I am getting inconsistent results from multiplying the same two matrices together with OpenBLAS on Julia master:
julia> y = randn(400,400);
julia> x = randn(400,400);
julia> cond(x * y)
3108.7389106095816
julia> cond(x * y)
250095.81630383938
julia> cond(x * y) # same
250095.81630383938
julia> cond(x * y)
16627.89658977373
julia> cond(x * y) # again
250095.81630383938
julia> cond(x * y)
2631.777572954922
julia> z1 = x * y;
julia> z2 = x * y;
julia> maximum(abs, z1 .- z2)
81.02332984524476
81 is not a trivial difference!!
I understand that if threading results in adding numbers together in a different order (depending on when threads complete), that it is expected to get slightly different answers. But 81 is a very large number compared to the magnitude of entries in the matrix. argmax
points to the 81, and I see a large block of incorrect answers.
When I look at zδ
, the matrix of differences, I notice that it is almost entirely 0.0.
julia> zδ[1:15,350:365]
0.0 3.40016 5.51059 15.5744 38.3682 7.10866 38.1058 0.791143 27.7809 15.6203 13.285 1.89272 17.4851 0.0 0.0 0.0
0.0 21.2102 0.686299 7.07578 38.1467 21.3853 13.6936 22.3834 20.9474 12.5285 19.6346 7.20672 18.6198 0.0 0.0 0.0
0.0 5.87573 4.10078 31.6043 2.47654 19.1434 19.9269 40.6902 8.60271 17.1051 38.5678 13.5105 39.141 0.0 0.0 0.0
0.0 29.5379 17.8031 19.7143 5.82252 12.9395 81.0233 8.24332 9.7846 6.86419 34.6936 40.1017 3.81325 0.0 0.0 0.0
0.0 7.74442 30.1483 1.19507 19.9153 24.768 3.15936 26.7861 8.8477 25.36 4.08705 34.1401 25.1399 0.0 0.0 0.0
0.0 25.1696 6.23755 5.07073 22.7564 22.1431 9.66137 18.8559 18.284 34.299 8.87634 11.4519 19.5225 0.0 0.0 0.0
0.0 0.0837383 10.7374 1.09023 31.3011 12.3954 17.2506 34.3372 33.3534 5.56733 3.04148 0.278859 6.39959 0.0 0.0 0.0
0.0 65.448 16.9498 8.4026 19.6995 11.1045 52.3888 23.052 2.5545 27.4019 2.33811 1.74398 5.8446 0.0 0.0 0.0
0.0 31.9391 0.708929 4.41991 12.3908 10.8966 8.13072 11.3948 8.15043 6.74772 19.3858 41.8931 37.9043 0.0 0.0 0.0
0.0 3.92232 2.29414 20.2639 30.3701 17.8275 8.54815 0.0279554 1.83999 35.9216 3.36693 33.7164 11.1285 0.0 0.0 0.0
0.0 3.98999 17.6255 33.2399 1.99359 26.5441 24.0701 31.2736 11.5732 15.1464 23.3285 24.5417 0.35802 0.0 0.0 0.0
0.0 22.4708 8.45022 11.09 22.609 25.0343 21.2055 9.91141 11.274 5.06574 17.0936 7.48366 36.9995 0.0 0.0 0.0
0.0 0.112206 25.5591 20.8131 1.24503 46.9793 18.4077 24.4956 5.83157 51.9475 0.893717 5.15207 12.8931 0.0 0.0 0.0
0.0 14.986 9.28381 16.6061 35.9068 1.0082 5.79184 9.15659 2.57992 23.2148 33.4547 11.6657 13.8442 0.0 0.0 0.0
0.0 16.46 28.1464 35.3354 4.86666 26.4538 4.80481 36.36 37.221 27.8764 25.0792 4.25533 25.3219 0.0 0.0 0.0
Setting it to a single thread solves the problem.

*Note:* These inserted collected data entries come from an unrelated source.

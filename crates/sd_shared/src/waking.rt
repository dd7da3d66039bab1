use std::sync::Condvar;

/// Whether those that wait for a thaw are to go on. It can't be dropped: who made a turn that may end a freeze has to
/// wake them.
pub(crate) struct Waking {
    go_on: bool,
}

impl Waking {
    ghost use Rattle.std.specs.Prelude.{◌≡◌};

    pub(crate) fn new(go_on: bool) -> Waking
        ensures { result.go_on ≡ go_on }
    {
        Waking { go_on }
    }

    /// Wakes all that wait, where they are to go on.
    pub(crate) fn wake(self, thawed: &Condvar) {
        let Waking { go_on } = self;
        if go_on {
            thawed.notify_all();
        }
    }
}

julia> BLAS.set_num_threads(1)
julia> zot = x*y;
julia> maximum(abs, z1 .- zot)
84.05177973473988
julia> maximum(abs, z2 .- zot)
83.6115213251184
julia> maximum(abs, z3 .- zot)
83.6115213251184
From a few tests vs my own matmul functions, the single threaded BLAS seems to be getting the correct answer (maximum absolute difference closer to 10^-13).
MKL, and Julia 0.6 + OpenBLAS get the correct answer.
Should I file an issue with OpenBLAS on github?
I reproduced on two computers (one AMD Ryzen, the other Intel Skylake), so this seems like a cross platform problem. Please let me know if you can/cannot reproduce.